How transparency helps employees avoid paying more than they need to #
For employers, transparency means employees can see what care is likely to cost before they receive it. That includes expected prices, Provider comparisons, network status, and a rough estimate of what the plan will pay versus what the employee may owe.
That sounds basic, but healthcare rarely feels basic. Bills depend on deductibles, Coinsurance, facility fees, referral patterns, and where the care happens. Because of that, people often walk into care without a clear sense of cost. Then the bill arrives, and the damage is already done.
Good transparency changes that timing. It puts cost information earlier in the decision. As a result, employees can choose a lower-cost, high-value Provider when the service is shoppable. They can also avoid accidental Out-of-Network care, which is often where surprise costs grow fast.
This matters for the business too. Lower out-of-pocket costs improve the employee experience, but they also support plan performance. When people choose cost-effective care, the employer plan often pays less as well. That creates a better balance between financial stewardship and employee support, which is the kind of measurable outcome leaders want to see.

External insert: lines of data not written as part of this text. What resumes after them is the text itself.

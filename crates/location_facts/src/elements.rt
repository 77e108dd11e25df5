//! Points and rays of the rows of rules, and the facts that they refute.

ghost use Rattle.std.specs.Prelude.{◌≡◌, ℕ, ◌*◌, ◌^◌, ◌≤◌, ◌↔◌, ◌-ℤ◌, ◌<ℤ◌, pos, map, length, true, List, IsTrue};
ghost use Rattle.std.specs.Prelude.{unsigned_abs};
ghost use Rattle.std.specs.List.{All};
ghost use Rattle.poly_terms.specs.linear_forms.Forms.{form_value};
ghost use Rattle.poly_terms.specs.linear_forms.Limits.{point_limit};
ghost use Rattle.poly_terms.specs.Views.{form_of};
ghost use Rattle.farkas_cert.specs.Scales.{numerators_of};
ghost use Rattle.farkas_cert.specs.Sizes.{AreParts};
ghost use Rattle.its_model.specs.Valid.{IsValid};
ghost use Rattle.its_model.specs.Views.{program_of};
ghost use Rattle.cert_types.specs.Composing.{AreRowsOf};
ghost use Rattle.rule_questions.specs.EmptyAnswers.{IsPrepared};
ghost use Rattle.rule_questions.specs.SmallForms.{IsSmall};
ghost use Rattle.location_facts.specs.declared.fact.LocFact.{LocFact as Fact};
ghost use Rattle.location_facts.specs.Elements.{IsMeasured, AreElements};
ghost use Rattle.location_facts.specs.Kept.{IsImpliedByAll};
ghost use Rattle.location_facts.specs.Rows.{value_after as after, row_after as goal_of};

use crate::fact::LocFact;
use crate::faults::product;
use farkas_cert::{Scaled, row_value};
use guard_prep::RuleRows;
use its_model::Program;
use poly_terms::Row;

/// A point or a ray of the combined rows of a rule, which is numbered from 1.
#[derive(Drop)]
pub(crate) struct Element {
    pub rule: u32,
    pub at: Scaled,
}

/// Whether one of the elements refutes a fact: at a point or ray of a rule into its symbol the fact is below 0 after
/// the rule. Then the rule doesn't imply the fact.
pub(crate) fn is_refuted(
    p: &Program,
    prepared_rules: &[RuleRows],
    elements: &[Element],
    fact: LocFact,
) -> bool
    requires valid { IsValid (program_of p.now) }
    requires rows { AreRowsOf prepared_rules.now (program_of p.now) }
    requires measured { All (IsMeasured (program_of p.now)) elements.now }
    ensures { result ≡ true → (pivots : ℕ) (kept : List Fact) → AreElements (program_of p.now) pivots kept elements.now
        → ¬ IsImpliedByAll (program_of p.now) pivots kept fact }
{
    for k in 0..elements.len() {
        let element = &elements[k];
        let number = element.rule as usize - 1;
        let rule = &p.rules[number];
        let prepared_rule = &prepared_rules[number];
        if refutes_fact(rule.target, prepared_rule, fact, &element.at) {
            return true;
        }
    }
    false
}

// Whether a rule leads to the symbol of a fact that is below 0 after the rule, at an element of the rule's unknowns.
fn refutes_fact(target: u32, prepared_rule: &RuleRows, fact: LocFact, at: &Scaled) -> bool
    requires prepared { IsPrepared prepared_rule.now }
    requires unknowns { length at.now.parts.items ≤ 128 }
    requires parts { AreParts at.now.parts.items }
    requires denominator { at.now.den ≤ point_limit }
    ensures { IsTrue result ↔
        ((target ≡ fact.symbol) × (form_value (goal_of (map form_of prepared_rule.now.new_values.items) fact)
        (numerators_of at.now) (pos at.now.den) <ℤ pos 0)) }
{
    target == fact.symbol && is_refuting(prepared_rule, fact, at)
}

// Whether a fact is below 0 after a rule, at an element of the rule's unknowns.
fn is_refuting(prepared_rule: &RuleRows, fact: LocFact, at: &Scaled) -> bool
    requires prepared { IsPrepared prepared_rule.now }
    requires unknowns { length at.now.parts.items ≤ 128 }
    requires parts { AreParts at.now.parts.items }
    requires denominator { at.now.den ≤ point_limit }
    ensures { IsTrue result ↔
        (form_value (goal_of (map form_of prepared_rule.now.new_values.items) fact) (numerators_of at.now)
        (pos at.now.den) <ℤ pos 0) }
{
    let plus = value_at(&prepared_rule.new_values, fact.plus, at);
    let minus = value_at(&prepared_rule.new_values, fact.minus, at);
    let least = product(i128::from(fact.least), at.den);
    is_below(plus, minus, least)
}

// Whether a number less another is below a third.
fn is_below(plus: i128, minus: i128, least: i128) -> bool
    requires plus { unsigned_abs plus ≤ 129 * 2 ^ 108 }
    requires minus { unsigned_abs minus ≤ 129 * 2 ^ 108 }
    ensures { IsTrue result ↔ ((plus -ℤ minus) <ℤ least) }
{
    plus - minus < least
}

// The value at a place after a rule with these new values, times the denominator, at an element of the rule's unknowns.
#[tactic(auto, using(crate::proofs::ElementRules::value_none, crate::proofs::ElementRules::value_missing, crate::proofs::ElementRules::new_numbers))]
fn value_at(new_values: &[Row], place: u32, at: &Scaled) -> i128
    requires small { All (λ r. IsSmall (form_of r)) new_values.now }
    requires unknowns { length at.now.parts.items ≤ 128 }
    requires parts { AreParts at.now.parts.items }
    requires denominator { at.now.den ≤ point_limit }
    ensures value { result ≡ form_value (after (map form_of new_values.now) place) (numerators_of at.now)
        (pos at.now.den) }
    ensures size { unsigned_abs result ≤ 129 * 2 ^ 108 }
{
    if place == 0 {
        return 0;
    }
    match new_values.get(place as usize - 1) {
        Some(row) => row_value(row, at),
        None => 0,
    }
}
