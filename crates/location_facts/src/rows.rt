//! Facts as rows over the unknowns of a rule.

ghost use Rattle.std.specs.Prelude.{◌≡◌, ◌++◌, map, IfOk};
ghost use Rattle.std.specs.List.{All};
ghost use Rattle.poly_terms.specs.Views.{form_of};
ghost use Rattle.rule_questions.specs.SmallForms.{IsSmall, IsDifferenceSmall};
ghost use Rattle.location_facts.specs.CombinedRows.{IsGoalSmall};
ghost use Rattle.location_facts.specs.Rows.{value_before as before, value_after as after, lowered, margin};
ghost use Rattle.location_facts.specs.Rows.{row_before as row_of, row_after as goal_of, facts_at as facts_of_symbol};

use crate::copies::{copied_row, copied_rows};
use crate::fact::LocFact;
use crate::strengthening::facts_at;
use poly_terms::{Memory, Row};
use rule_questions::{constant_row, difference, unit_row};
use std::alloc::Global;

// The value at a place before a rule.
#[tactic(auto, using(crate::proofs::RowForms::before_none, crate::proofs::RowForms::before_unknown, crate::proofs::RowForms::none_small, crate::proofs::RowForms::unknown_small))]
fn value_before(alloc: Global, place: u32) -> Result<Row, Memory>
    ensures same { IfOk result (λ row. form_of row ≡ before place) }
    ensures small { IfOk result (λ row. IsSmall (form_of row)) }
{
    if place == 0 {
        return Ok(constant_row(alloc, 0));
    }
    unit_row(alloc, place - 1)
}

// The value at a place after a rule with these new values.
#[tactic(auto, using(crate::proofs::RowForms::after_none, crate::proofs::RowForms::after_found, crate::proofs::RowForms::after_missing, crate::proofs::RowForms::none_small, crate::proofs::RowForms::after_small))]
fn value_after(alloc: Global, new_values: &[Row], place: u32) -> Result<Row, Memory>
    requires { All (λ r. IsSmall (form_of r)) new_values.now }
    ensures same { IfOk result (λ row. form_of row ≡ after (map form_of new_values.now) place) }
    ensures small { IfOk result (λ row. IsSmall (form_of row)) }
{
    if place == 0 {
        return Ok(constant_row(alloc, 0));
    }
    match new_values.get(place as usize - 1) {
        Some(row) => {
            let copy = copied_row(alloc, row)?;
            Ok(copy)
        }
        None => Ok(constant_row(alloc, 0)),
    }
}

// A form less a number.
#[tactic(auto, using(crate::proofs::RowForms::lowered_small))]
fn lowered_row(row: Row, least: i64) -> Row
    requires { IsDifferenceSmall (form_of row) }
    ensures same { form_of result ≡ lowered (form_of row) least }
    ensures small { IsGoalSmall (form_of result) }
{
    let Row { coefs, constant } = row;
    Row {
        coefs,
        constant: constant - i128::from(least),
    }
}

// The margin of a fact, given the values at its places: how much the difference exceeds its `least`.
#[tactic(auto, using(crate::proofs::RowForms::margin_made))]
fn margin_row(alloc: Global, plus: &Row, minus: &Row, least: i64) -> Result<Row, Memory>
    requires plus { IsSmall (form_of plus.now) }
    requires minus { IsSmall (form_of minus.now) }
    ensures same { IfOk result (λ row. form_of row ≡ margin (form_of plus.now) (form_of minus.now) least) }
    ensures small { IfOk result (λ row. IsGoalSmall (form_of row)) }
{
    let row = difference(alloc, plus, minus)?;
    Ok(lowered_row(row, least))
}

/// A fact at the source of a rule, as a row.
#[tactic(auto, using(crate::proofs::RowForms::row_before_made))]
pub(crate) fn row_before(alloc: Global, fact: LocFact) -> Result<Row, Memory>
    ensures { IfOk result (λ row. form_of row ≡ row_of fact) }
{
    let plus = value_before(alloc, fact.plus)?;
    let minus = value_before(alloc, fact.minus)?;
    margin_row(alloc, &plus, &minus, fact.least)
}

/// A fact at the target of a rule with these new values, as a goal.
#[tactic(auto, using(crate::proofs::RowForms::row_after_made))]
pub(crate) fn row_after(alloc: Global, new_values: &[Row], fact: LocFact) -> Result<Row, Memory>
    requires { All (λ r. IsSmall (form_of r)) new_values.now }
    ensures same { IfOk result (λ row. form_of row ≡ goal_of (map form_of new_values.now) fact) }
    ensures small { IfOk result (λ row. IsGoalSmall (form_of row)) }
{
    let plus = value_after(alloc, new_values, fact.plus)?;
    let minus = value_after(alloc, new_values, fact.minus)?;
    margin_row(alloc, &plus, &minus, fact.least)
}

/// The combined rows of a rule: its own rows, followed by those of the facts at its source, in order.
pub(crate) fn combined_rows(
    alloc: Global,
    own: &[Row],
    source: u32,
    kept: &[LocFact],
) -> Result<Vec<Row>, Memory>
    ensures { IfOk result (λ rows. map form_of rows.items
        ≡ map form_of own.now ++ map row_of (facts_of_symbol source kept.now)) }
{
    let facts = facts_at(alloc, source, kept)?;
    let mut rows = copied_rows(alloc, own)?;
    push_facts(alloc, &mut rows, &facts)?;
    Ok(rows)
}

// Appends facts as rows.
fn push_facts(alloc: Global, rows: &mut Vec<Row>, facts: &[LocFact]) -> Result<(), Memory>
    ensures { IfOk result (λ _. map form_of rows.new.items ≡ map form_of rows.old.items ++ map row_of facts.now) }
{
    for fact in facts {
        rows.push(row_before(alloc, *fact)?)?;
    }
    Ok(())
}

What employees can actually compare before they book care #
Employees don’t need a lesson in health economics. They need a few clear facts at the right moment.
Most useful price comparison knowledge includes current Deductible status, copays, Coinsurance, In-Network versus Out-of-Network status, and the site of care. It also helps to show side-by-side Provider price variation for common services.
This is where transparency becomes practical. An MRI at a hospital outpatient department often costs far more than the same scan at a freestanding imaging center. The same pattern can show up with lab work, outpatient surgery, infusion care, and specialty drugs.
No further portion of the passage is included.